Having written a bunch of UI code for iPhone I am now tempted to design my own framework to factor out reusable parts. However, before I begin I would like to tap into collective wisdom of this community - surely someone has done similar work before and if so I would be glad to learn rather than reinvent.<p>Here's how I see the structure of a single "page" in an application, expanding on MVC:<p>1. The Model - a software component and backing storage which provide access to the data. The important thing here is that Model itself must represent data how it's structured in the user's head, not how it's really stored in e.g. a relational database.<p>2. The Model Schema - a declarative description of types,  relationships, and arity of the data entities stored in the Model. Model Schema could be an XML file, for example.<p>3. Text (Copy), possibly localized. A simple key-value text file would likely suffice.<p>4. Layout description - list of UI controls and their design attributes (colors, fonts, margins, alignment, grouping/proximity etc). This also includes binding from controls to the Model Schema and to Copy. Layout description also can be a declarative description, such as an XML file.<p>To make this whole thing come alive I would need a layout engine that can take layout description, create UI controls, populate them with data according to bindings and place them on screen according to design attributes, taking content into account. The difficult part is handling arity.<p>If I can pull this off, I can see enormous benefit: a designer, a developer, and a copy writer could be iterating independently based on a single common document - the Model Schema - and seeing the complete animated result of their work as they make progress.<p>So what are the closest things to this that someone else has already done or tried to do?<p>Note that existing iPhone UIKit cannot do content-sensitive layout, all layout positioning is independent of content and so often looks poor with truncated text or large areas of whitespace - this deficiency and the countless hours spent aligning text on screen were the primary motivators behind my thinking.
======
draegtun
Might be worth looking at Reaction for ideas:
<http://search.cpan.org/dist/Reaction/>

In Reaction the model is split into "Domain Model" and "Interface Model". Also
the View is broken down into layoutsets, widgets & viewport components.
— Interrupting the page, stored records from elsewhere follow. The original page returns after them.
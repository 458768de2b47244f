// The versions of a key written from the builder's area. The output has a place beside it, as in `num::put_uint` and in
// the numbers' own `write`, to which each step hands both on: in a struct they would be taken apart again each time.
#![tactic(auto)]

ghost use Rattle.std.specs.Prelude.{◌≡◌, ◌+◌, ◌*◌, ◌≤◌, length};
ghost use Rattle.std.proofs.lemmas.List.Edits.{sets};
ghost use Rattle.num.specs.Choice.{when◌then◌else◌};
ghost use Rattle.num.specs.Number.{le_at};
ghost use Rattle.encoding.specs.Encoding.{version_len_of};
ghost use Rattle.area.specs.Area.{area_size};
ghost use Rattle.written.specs.Joined.{fields_bytes};
ghost use Rattle.written.specs.Arena.{marked_size, checksum_fields, stored_fields, stored_bytes};
ghost use Rattle.writer.specs.Write.{stored_at, stored_from};
ghost use Rattle.keyversions.specs.Internal.{VersionsStand};

use area::{VERSION, Version};
use encoding::Layout;
use num::LittleEndian;
use sstable::Kind;

// What a section is written from: the builder's area and how many keys it has, and in which widths and less which
// least sequence their numbers are stored.
#[derive(Clone, Copy)]
pub struct Source<'a> {
    pub area: &'a [u8],
    pub keys: usize,
    pub layout: Layout,
    pub least: u64,
}

// A value's length with the top bit set for a tombstone.
fn marked_size(version: &Version<'_>, layout: Layout) -> u64
    ensures { result ≡ marked_size layout.encoding (stored_at version.now.area.now version.now.place).kind
        (area_size version.now.area.now version.now.place) }
{
    let size = version.size() as u64;
    if version.kind() == u8::from(Kind::Tombstone) {
        layout.tombstone() + size
    } else {
        size
    }
}

// Writes the CRC-32 of a value, with checksums.
fn put_checksum(output: &mut [u8], at: usize, present: bool, checksum: u32)
    requires { at + (when present then 4 else 0) ≤ length output.old }
    ensures { output.new ≡ sets output.old at (fields_bytes (checksum_fields present checksum)) }
{
    if present {
        checksum.write(output, at);
    }
}

impl Source<'_> {
    // Writes the numbers of a version.
    #[tactic(auto, unfolding(encoding::specs::Encoding::version_len_of))]
    fn put_stored(&self, version: &Version<'_>, output: &mut [u8], at: usize)
        requires least_first { self.now.least ≤ le_at version.now.area.now version.now.place 8 }
        requires room { at + version_len_of self.now.layout.encoding ≤ length output.old }
        ensures { output.new ≡ sets output.old at
            (fields_bytes (stored_fields self.now.layout.encoding self.now.least
            (stored_at version.now.area.now version.now.place))) }
    {
        let e = self.layout.encoding;
        let value = at + e.seq;
        let offset = value + e.value;
        let checksum = offset + e.address;
        num::put_uint(output, at, e.seq, version.seq() - self.least);
        num::put_uint(output, value, e.value, marked_size(version, self.layout));
        num::put_uint(output, offset, e.address, version.offset());
        put_checksum(output, checksum, e.checksum, version.checksum());
    }

    // Writes so many versions from a place of the area on, and answers the place behind them.
    pub fn put_versions(&self, first: usize, count: usize, output: &mut [u8], at: usize) -> usize
        requires stand { VersionsStand self.now.area.now first count self.now.least }
        requires room { at + count * version_len_of self.now.layout.encoding ≤ length output.old }
        ensures output_after { output.new ≡ sets output.old at
            (stored_bytes self.now.layout.encoding self.now.least (stored_from count self.now.area.now first)) }
        ensures value { result ≡ at + count * version_len_of self.now.layout.encoding }
    {
        let size = self.layout.version();
        let area = self.area;
        let mut end = at;
        // A version's number gives its place: there is no list to go over.
        for j in 0..count {
            let version = Version {
                area,
                place: first + VERSION * j,
            };
            self.put_stored(&version, output, end);
            end += size;
        }
        end
    }
}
Here's some inks which may (or may not!) show some enlightenment on the
methodology behind Reaction:

* [http://search.cpan.org/dist/Reaction/lib/Reaction/Manual/Int...](http://search.cpan.org/dist/Reaction/lib/Reaction/Manual/Intro.pod)

* [http://search.cpan.org/dist/Reaction/lib/Reaction/Manual/Ove...](http://search.cpan.org/dist/Reaction/lib/Reaction/Manual/Overview.pod)

* <http://search.cpan.org/dist/Reaction/old/Manual/FAQ.pod>

------
micheljansen
Although not a direct answer to your question, I do think Qt's Kinetic
(<http://labs.trolltech.com/page/Projects/Graphics/Kinetic>) might be a good
source for inspiration. It contains a declarative UI markup and scripting
language called QML, that looks roughly like JS/JSON. An old example can be
seen here: [http://labs.trolltech.com/blogs/2009/05/13/qt-declarative-
ui...](http://labs.trolltech.com/blogs/2009/05/13/qt-declarative-ui/)

I am very curious about how Apple would react to something like this though.
It's obviously a good idea, but they have been really frantic about
alternative solutions to these kinds of problems :)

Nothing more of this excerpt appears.